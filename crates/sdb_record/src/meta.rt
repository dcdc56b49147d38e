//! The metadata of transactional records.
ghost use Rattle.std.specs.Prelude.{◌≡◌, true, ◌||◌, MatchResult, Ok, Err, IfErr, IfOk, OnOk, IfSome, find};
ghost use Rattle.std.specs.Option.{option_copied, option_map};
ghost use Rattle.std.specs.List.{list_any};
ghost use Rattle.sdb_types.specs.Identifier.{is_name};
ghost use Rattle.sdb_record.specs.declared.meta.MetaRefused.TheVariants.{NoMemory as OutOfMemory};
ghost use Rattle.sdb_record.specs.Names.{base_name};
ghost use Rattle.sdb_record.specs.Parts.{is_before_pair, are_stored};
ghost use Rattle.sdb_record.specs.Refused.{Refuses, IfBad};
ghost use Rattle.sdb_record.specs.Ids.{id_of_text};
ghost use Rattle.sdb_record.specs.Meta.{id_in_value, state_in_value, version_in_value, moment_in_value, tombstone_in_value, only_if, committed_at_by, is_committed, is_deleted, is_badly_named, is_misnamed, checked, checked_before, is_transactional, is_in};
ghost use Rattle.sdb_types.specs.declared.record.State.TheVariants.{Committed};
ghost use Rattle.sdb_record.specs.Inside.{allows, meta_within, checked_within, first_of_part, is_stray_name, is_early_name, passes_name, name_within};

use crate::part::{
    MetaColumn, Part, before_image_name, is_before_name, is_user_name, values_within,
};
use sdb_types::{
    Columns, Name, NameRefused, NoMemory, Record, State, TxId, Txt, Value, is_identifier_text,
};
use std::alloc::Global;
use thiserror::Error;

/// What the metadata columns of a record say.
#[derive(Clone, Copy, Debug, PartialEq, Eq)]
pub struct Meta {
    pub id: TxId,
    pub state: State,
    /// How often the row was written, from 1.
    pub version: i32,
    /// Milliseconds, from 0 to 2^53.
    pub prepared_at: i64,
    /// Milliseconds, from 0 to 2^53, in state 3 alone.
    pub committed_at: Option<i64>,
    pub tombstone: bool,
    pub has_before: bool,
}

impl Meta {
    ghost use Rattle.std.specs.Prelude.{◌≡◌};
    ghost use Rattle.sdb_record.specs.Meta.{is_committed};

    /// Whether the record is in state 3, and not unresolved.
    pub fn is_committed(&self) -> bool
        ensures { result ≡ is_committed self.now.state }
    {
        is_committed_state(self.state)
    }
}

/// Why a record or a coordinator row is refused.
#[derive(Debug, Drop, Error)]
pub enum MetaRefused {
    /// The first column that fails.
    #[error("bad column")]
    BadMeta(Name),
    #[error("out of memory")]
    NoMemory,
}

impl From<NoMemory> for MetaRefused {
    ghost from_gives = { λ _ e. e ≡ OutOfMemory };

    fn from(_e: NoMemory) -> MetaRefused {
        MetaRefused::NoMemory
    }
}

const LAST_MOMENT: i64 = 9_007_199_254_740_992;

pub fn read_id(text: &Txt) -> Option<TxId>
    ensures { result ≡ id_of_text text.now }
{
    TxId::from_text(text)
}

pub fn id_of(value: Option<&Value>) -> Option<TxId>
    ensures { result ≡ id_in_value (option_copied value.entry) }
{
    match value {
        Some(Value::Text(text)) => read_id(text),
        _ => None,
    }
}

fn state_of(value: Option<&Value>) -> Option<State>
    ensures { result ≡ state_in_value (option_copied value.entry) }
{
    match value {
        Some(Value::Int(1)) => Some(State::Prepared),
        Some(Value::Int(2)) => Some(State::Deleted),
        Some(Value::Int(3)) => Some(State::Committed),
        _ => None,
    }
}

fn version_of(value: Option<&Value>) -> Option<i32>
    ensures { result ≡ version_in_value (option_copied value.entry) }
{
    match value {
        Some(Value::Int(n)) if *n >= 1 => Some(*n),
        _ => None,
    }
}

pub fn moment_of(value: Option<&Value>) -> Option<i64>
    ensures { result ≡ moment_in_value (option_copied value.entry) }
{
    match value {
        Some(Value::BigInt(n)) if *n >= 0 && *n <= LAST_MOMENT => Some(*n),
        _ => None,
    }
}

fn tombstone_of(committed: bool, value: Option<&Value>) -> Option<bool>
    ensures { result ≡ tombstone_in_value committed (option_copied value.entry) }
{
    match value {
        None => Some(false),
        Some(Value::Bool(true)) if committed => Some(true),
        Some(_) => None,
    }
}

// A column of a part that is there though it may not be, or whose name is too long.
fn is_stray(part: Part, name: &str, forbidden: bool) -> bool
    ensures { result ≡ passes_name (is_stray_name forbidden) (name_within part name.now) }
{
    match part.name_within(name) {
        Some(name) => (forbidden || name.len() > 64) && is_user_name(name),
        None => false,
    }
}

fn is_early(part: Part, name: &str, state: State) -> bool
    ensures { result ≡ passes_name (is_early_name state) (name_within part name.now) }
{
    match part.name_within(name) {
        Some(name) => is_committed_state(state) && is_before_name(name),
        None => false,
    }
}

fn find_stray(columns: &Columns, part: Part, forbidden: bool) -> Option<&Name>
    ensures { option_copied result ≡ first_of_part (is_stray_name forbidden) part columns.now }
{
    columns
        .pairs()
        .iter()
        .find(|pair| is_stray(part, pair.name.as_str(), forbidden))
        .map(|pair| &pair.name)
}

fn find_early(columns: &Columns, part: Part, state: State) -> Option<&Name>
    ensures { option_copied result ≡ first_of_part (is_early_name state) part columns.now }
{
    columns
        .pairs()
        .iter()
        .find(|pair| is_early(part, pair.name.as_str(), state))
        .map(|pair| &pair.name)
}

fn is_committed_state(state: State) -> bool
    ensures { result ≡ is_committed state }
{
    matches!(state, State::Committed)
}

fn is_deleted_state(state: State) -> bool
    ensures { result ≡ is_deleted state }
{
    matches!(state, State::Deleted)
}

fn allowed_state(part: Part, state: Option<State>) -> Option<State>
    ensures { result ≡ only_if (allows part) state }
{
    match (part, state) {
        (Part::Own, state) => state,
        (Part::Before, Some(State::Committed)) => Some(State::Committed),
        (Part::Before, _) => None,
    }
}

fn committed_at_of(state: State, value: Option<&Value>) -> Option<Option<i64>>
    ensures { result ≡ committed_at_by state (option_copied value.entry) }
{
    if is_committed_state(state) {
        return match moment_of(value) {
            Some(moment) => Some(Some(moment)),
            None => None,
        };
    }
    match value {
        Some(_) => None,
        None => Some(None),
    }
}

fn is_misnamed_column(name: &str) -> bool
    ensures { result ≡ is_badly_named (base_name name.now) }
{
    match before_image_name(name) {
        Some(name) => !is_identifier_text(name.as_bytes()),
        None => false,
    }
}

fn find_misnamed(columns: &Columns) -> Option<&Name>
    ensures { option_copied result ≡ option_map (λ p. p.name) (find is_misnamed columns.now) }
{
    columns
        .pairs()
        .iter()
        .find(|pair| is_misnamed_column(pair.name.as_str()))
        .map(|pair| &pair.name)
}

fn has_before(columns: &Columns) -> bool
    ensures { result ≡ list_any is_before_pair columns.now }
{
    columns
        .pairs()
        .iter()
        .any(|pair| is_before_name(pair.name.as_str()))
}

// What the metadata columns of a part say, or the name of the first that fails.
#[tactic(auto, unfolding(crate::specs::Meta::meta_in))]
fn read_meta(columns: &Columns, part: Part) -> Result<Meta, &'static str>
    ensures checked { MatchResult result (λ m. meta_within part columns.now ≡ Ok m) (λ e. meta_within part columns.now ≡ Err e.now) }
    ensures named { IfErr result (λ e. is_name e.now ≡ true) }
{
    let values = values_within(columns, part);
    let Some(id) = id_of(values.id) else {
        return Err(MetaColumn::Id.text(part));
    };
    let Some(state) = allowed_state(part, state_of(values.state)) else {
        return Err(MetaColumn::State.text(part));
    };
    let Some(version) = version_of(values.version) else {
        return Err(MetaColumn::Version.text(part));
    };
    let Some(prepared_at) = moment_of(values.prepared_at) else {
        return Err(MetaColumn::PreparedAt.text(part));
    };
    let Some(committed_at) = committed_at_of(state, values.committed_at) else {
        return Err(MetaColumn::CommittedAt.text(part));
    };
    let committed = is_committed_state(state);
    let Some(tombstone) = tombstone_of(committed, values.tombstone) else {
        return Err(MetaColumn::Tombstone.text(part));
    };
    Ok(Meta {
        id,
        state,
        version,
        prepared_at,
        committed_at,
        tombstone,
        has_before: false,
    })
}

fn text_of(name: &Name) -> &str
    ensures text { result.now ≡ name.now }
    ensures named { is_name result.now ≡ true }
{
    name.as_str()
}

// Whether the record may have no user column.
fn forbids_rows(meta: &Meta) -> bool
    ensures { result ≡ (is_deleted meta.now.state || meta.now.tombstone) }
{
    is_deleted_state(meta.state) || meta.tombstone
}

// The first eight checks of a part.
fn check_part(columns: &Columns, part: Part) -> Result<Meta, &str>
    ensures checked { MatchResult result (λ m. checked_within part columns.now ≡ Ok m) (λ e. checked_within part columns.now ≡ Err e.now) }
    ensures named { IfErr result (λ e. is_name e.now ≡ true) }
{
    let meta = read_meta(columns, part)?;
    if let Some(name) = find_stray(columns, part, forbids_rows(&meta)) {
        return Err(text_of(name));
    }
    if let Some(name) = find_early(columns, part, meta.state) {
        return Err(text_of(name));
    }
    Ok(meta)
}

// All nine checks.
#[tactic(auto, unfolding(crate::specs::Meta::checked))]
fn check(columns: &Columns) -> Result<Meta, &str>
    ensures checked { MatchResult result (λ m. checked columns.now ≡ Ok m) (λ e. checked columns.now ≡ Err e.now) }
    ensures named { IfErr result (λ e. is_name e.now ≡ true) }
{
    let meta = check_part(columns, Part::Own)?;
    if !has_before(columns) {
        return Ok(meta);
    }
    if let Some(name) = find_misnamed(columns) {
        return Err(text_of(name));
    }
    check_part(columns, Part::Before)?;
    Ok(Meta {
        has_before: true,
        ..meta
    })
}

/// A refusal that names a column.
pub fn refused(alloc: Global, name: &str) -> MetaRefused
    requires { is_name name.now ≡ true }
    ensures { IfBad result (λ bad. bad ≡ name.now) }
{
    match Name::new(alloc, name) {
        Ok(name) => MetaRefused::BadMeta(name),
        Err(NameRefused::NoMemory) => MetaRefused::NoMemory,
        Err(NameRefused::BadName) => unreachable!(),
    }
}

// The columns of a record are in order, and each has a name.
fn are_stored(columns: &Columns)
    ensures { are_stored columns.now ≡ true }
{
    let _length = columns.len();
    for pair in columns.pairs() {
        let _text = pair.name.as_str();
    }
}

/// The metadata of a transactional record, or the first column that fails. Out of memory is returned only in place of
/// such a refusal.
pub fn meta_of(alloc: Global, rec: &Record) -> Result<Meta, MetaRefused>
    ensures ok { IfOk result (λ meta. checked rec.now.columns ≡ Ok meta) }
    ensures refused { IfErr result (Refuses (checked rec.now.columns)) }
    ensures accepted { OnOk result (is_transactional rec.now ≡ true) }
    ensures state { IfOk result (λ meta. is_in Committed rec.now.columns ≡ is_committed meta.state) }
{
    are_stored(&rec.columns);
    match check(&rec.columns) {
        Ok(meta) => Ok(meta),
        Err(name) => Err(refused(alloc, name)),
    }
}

* * *

### What the exercise asks
Search the preceding listing for "MatchResult" and extract every line where it is found.

### Your response
ghost use Rattle.std.specs.Prelude.{◌≡◌, true, ◌||◌, MatchResult, Ok, Err, IfErr, IfOk, OnOk, IfSome, find};
    ensures checked { MatchResult result (λ m. meta_within part columns.now ≡ Ok m) (λ e. meta_within part columns.now ≡ Err e.now) }
    ensures checked { MatchResult result (λ m. checked_within part columns.now ≡ Ok m) (λ e. checked_within part columns.now ≡ Err e.now) }
    ensures checked { MatchResult result (λ m. checked columns.now ≡ Ok m) (λ e. checked columns.now ≡ Err e.now) }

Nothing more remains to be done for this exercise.